この【が】の出自は、「我【が】国」の【が】のように所有格として用いられて来たものである。いわば「主体を指し示す【が】」はガ格の新参者である。


「私は彼女【が】好きだ」の文においては、感情を「好きだ」という状態にさせる「生起主」は「彼女」であるから「彼女」に「主体を指し示す【が】」が付いているのだが、感情主は「私」ということになる。


「私はこの町【が】淋しい」は「私にとってこの町は私を淋しく感じさせる<生起主>だ」ということであり、同様に「私はこの仕事【が】つらい」は「私にとってこの仕事は私をつらくさせる<生起主>だ」ということになる。

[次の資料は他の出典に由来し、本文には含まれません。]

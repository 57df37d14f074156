//! The dead instructions of a function.

ghost use Rattle.std.specs.Prelude.{◌≡◌, ◌+◌, ◌<◌, ◌^◌, ◌↔◌, ◌⊎◌, ℕ, length, false, All, Contains, IfOk, OnOk, slice_index_or};
ghost use Rattle.ir_core.specs.Blocks.{HasInst};
ghost use Rattle.ir_core.specs.Checks.{IsKnown};
ghost use Rattle.ir_core.specs.Reads.{Read, IsRead};
ghost use Rattle.ir_core.specs.declared.operand.Register.TheVariants as registers;
ghost use Rattle.needed.specs.InstNumbers.{marks_by};
ghost use Rattle.needed.specs.Needed.{IsNeeded};

use crate::numbers::Numbers;
use crate::search::needed;
use ir_core::Function;
use std::alloc::{AllocError, Global};

/// Appends to `places` those of the first `count` instructions of a block that are not marked.
fn push_unmarked(
    numbers: &Numbers,
    marks: &[bool],
    block: u32,
    count: u32,
    places: &mut Vec<(u32, u32)>,
) -> Result<(), AllocError>
    requires block { block < length numbers.now.firsts.items }
    requires marks { slice_index_or numbers.now.firsts.items block 0 + count < length marks.now + 1 }
    ensures { OnOk result ((b k : ℕ) → Contains places.new.items (b, k)
        ↔ (Contains places.old.items (b, k) ⊎ ((b ≡ block) × (k < count) × (marks_by numbers.now.firsts.items marks.now b k ≡ false)))) }
{
    let first = numbers.firsts[block as usize];
    for place in 0..count {
        if !marks[first + place as usize] {
            places.push((block, place))?;
        }
    }
    Ok(())
}

/// The dead instructions of a function, whose results are not needed, by block and place.
pub fn unneeded_insts(alloc: Global, f: &Function) -> Result<Vec<(u32, u32)>, AllocError>
    requires blocks { length f.now.blocks < 2 ^ 32 }
    requires insts { All (λ b. length b.insts < 2 ^ 32) f.now.blocks }
    requires registers { (b k i : ℕ) (r : Read) → IsRead f.now b k i r → IsKnown f.now r.operand }
    ensures unneeded { IfOk result (λ places. (b k : ℕ) → Contains places.items (b, k)
        ↔ (HasInst f.now b k × ¬ IsNeeded f.now (registers.Result b k))) }
    ensures others { IfOk result (λ places. (b k : ℕ) → HasInst f.now b k
        → Contains places.items (b, k) ⊎ IsNeeded f.now (registers.Result b k)) }
{
    let numbers = Numbers::new(alloc, f)?;
    let marks = needed(alloc, f, &numbers)?;
    let mut places = Vec::new(alloc);
    for (index, block) in f.blocks.as_slice().iter().enumerate() {
        let count = block.insts.len() as u32;
        push_unmarked(&numbers, marks.as_slice(), index as u32, count, &mut places)?;
    }
    Ok(places)
}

日本語母語者の「人為的なものよりも自然の営みから生起するものを畏敬・畏怖する傾向」は、文における述語の「動作・作用・状態の主体を明確にすることよりも、その動作・作用・状態を自然的な生起として把握する」ことに関心が向けられる。


「仕事【が】出来る」の「出来る」とは「仕事」そのものが「出て来」てその姿を現すのであり、「仕事【が】気に入る」の「気に入る」とは「仕事」自体が感情主の「気に入(はい)ってくる」のであり、「山【が】見える」の「見える」も「山」自らが感覚主の「視界に入ってくる」という感受性から来ている。


そして、「私は彼女【が】好きだ」とは、「彼女」の存在が感情主の感情を「好き」という状態にさせる、つまり「彼女」が「生起主」、と捉えるのが自然である。


この視点の源泉は、上に述べた「日本語母語者の感受性の変わらぬ傾向」にあるのだろう。


写真は、北斎の浮世絵。自著の英語版の表紙として用意している。北斎は日本の画家の中でもっとも好きな画家だ。